[Record set]
let toldGreedy = null;
function begin() {
  const base = reckon(noEdits());
  const isSame = (list, other) => list.length === other.length && list.every((it, k) => it === other[k]);
  const agrees = isSame(base.plan.start, told.start) && isSame(base.chain, told.chain) && base.span === told.span && base.work === told.work;
  toldGreedy = {start: Float64Array.from(told.greedyStart), worker: Uint8Array.from(told.worker), end: told.end, workers: told.p};
  Object.assign(state, {base, now: base, mode: N <= 60 ? 'rows' : 'defs'});
  byId('viewer').hidden = false;
  if (!agrees) put('warning', 'This page computes other numbers than boc printed. Trust neither.');
  readTheme();
  tellHead();
  layOut();
  state.view = {from: 0, to: whole() > 2.5 * told.span ? told.span * 1.04 : whole()};
  for (const part of [draw, tellBar, tellLegend, tellDetails, listen]) part();
  setTimeout(() => {
    tellWhatIf();
    enhanceTables();
    tellRows();
    fromHash();
    window.page.ready = performance.now();
  });
}

// What tests wait for: `ready` is when the page has all its parts.
window.page = {ready: 0};
begin();
</script>
</body>
</html>
"#;
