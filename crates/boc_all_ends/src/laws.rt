// Laws of the search.

ghost use Rattle.std.specs.Prelude.{◌≡◌, ◌+◌, ◌<◌, ◌≤◌, ◌↔◌, ℕ, List};
ghost use Rattle.std.specs.List.{Contains};
ghost use Rattle.boc_program.specs.declared.limits.TheConstants.{MOST_ROWS};
ghost use Rattle.boc_program.specs.declared.program.Program.{Program};
ghost use Rattle.boc_runs.specs.Serial.{Behaviour};
ghost use Rattle.boc_closed_sets.specs.Covers.{Covers};
ghost use Rattle.boc_fronts.specs.Steps.{IsStep};
ghost use Rattle.boc_front_rows.specs.declared.row.Front.{Front};
ghost use Rattle.boc_front_rows.specs.Rows.{Plain};
ghost use Rattle.boc_front_rows.specs.Seen.{front_of};
ghost use Rattle.boc_all_ends.specs.declared.ends.Ends.{Ends};
ghost use Rattle.boc_all_ends.specs.declared.found.End.{End};
ghost use Rattle.boc_all_ends.specs.declared.found.Found.{Found};
ghost use Rattle.boc_all_ends.specs.declared.search.Reach.{Reach};
ghost use Rattle.boc_all_ends.specs.Ends.{AreEndsBelow, IsEndless, IsFound};
ghost use Rattle.boc_all_ends.specs.Gathered.{AreNoted, HasLive, HaveEnds, HoldsEnds};
ghost use Rattle.boc_all_ends.specs.Searching.{HasReached, StandsAt};
ghost use Rattle.boc_all_ends.specs.Spreading.{AreKept, AreSpread, IsReady, seen};
ghost use Rattle.boc_all_ends.specs.Stepping.{Spawning};

/// Proves that a front after a spawn is the front after a step.
pub fn spawns_are_steps()
    ensures { (p : Program) (a b : List (List Behaviour)) (f g : Front) (place rest wishes : ℕ) (wish : Behaviour) (r : Plain)
        → Spawning p a b f g place rest wishes wish r → IsStep p (front_of a f) place (front_of b g) }
{}

/// Proves that each front of a layer can make its steps, and that the fronts to which they lead are the next layer.
pub fn layers_go_on()
    ensures ready { (p : Program) (lists : List (List Behaviour)) (rows : ℕ) (fs : List Front) → StandsAt p lists rows fs
        → (f : Front) → Contains fs f → IsReady p lists rows f }
    ensures next { (p : Program) (a b : List (List Behaviour)) (rows : ℕ) (fs new : List Front) → 0 < rows → StandsAt p a rows fs
        → AreSpread p (seen a fs) b new → AreKept b (rows + 1) new → StandsAt p b (rows + 1) new }
{}

/// Proves that the fronts of a layer have the ends of all whole runs of as many rows. A front of the last layer has a live row only if a run needs more rows
/// than there may be.
pub fn layers_have_ends()
    ensures ends { (p : Program) (lists : List (List Behaviour)) (rows : ℕ) (fs : List Front) → 0 < rows → rows ≤ MOST_ROWS
        → Covers p rows (seen lists fs) → HaveEnds p rows fs }
    ensures endless { (p : Program) (lists : List (List Behaviour)) (fs : List Front) → Covers p MOST_ROWS (seen lists fs) → (HasLive fs ↔ IsEndless p) }
    ensures noted { (p : Program) (below : ℕ) (ends : Ends) (all : List End) → AreNoted p below ends → HoldsEnds ends all → AreEndsBelow p below all }
{}

/// Proves that what a search has found is so, if it has reached so far and holds the ends that it noted.
pub fn searches_find()
    ensures { (p : Program) (most fronts : ℕ) (ends : Ends) (reach : Reach) (found : Found) → HasReached p fronts most ends reach
        → HoldsEnds ends found.all.items → found.below ≡ reach.below → found.whole ≡ reach.whole → found.endless ≡ reach.endless → found.fronts ≡ fronts
        → IsFound p most found }
{}
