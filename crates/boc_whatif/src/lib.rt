//! What a finished run would be worth if some of its behaviours took other ticks or were spawned at others, or if a cown imposed no order.
//!
//! A caller edits rows one after another, and asks for the work, the span, the profile and the greedy
//! plan of what came of it, for the curve of the greedy plans of more and more workers, or for a sweep: for each row at
//! the fewest ticks that it can take, or for each cown if it imposed no order, the span, or the end of the greedy plan; or for each row
//! the span if it were spawned as early as it can be. All of these are of plans in which rows share cowns as was said at the start.
//!
//! An edit takes no memory, and time that grows with the number of rows after its own: it computes its row and those
//! after it again. Several edits that are made at once take time that grows with the children of their rows, and compute the lowest of
//! their rows and those after it again, once. A sweep for spans computes no row again, and takes little more time than
//! a plan. One for the ends of greedy plans makes for each row the rest of a plan: up to where the first of the rows that are
//! left would be over their plans are the same, and that part is made once.
#![tactic(auto)]

mod cown_ends;
mod edits;
pub mod laws;
mod least_ends;
mod what_if;

pub use boc_progress::{Progress, Silent};
pub use edits::Unfit;
pub use what_if::WhatIf;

[The task] From the listing above, how many lines contain the word "Plain"? Give only the number.

[Answer for the task] 2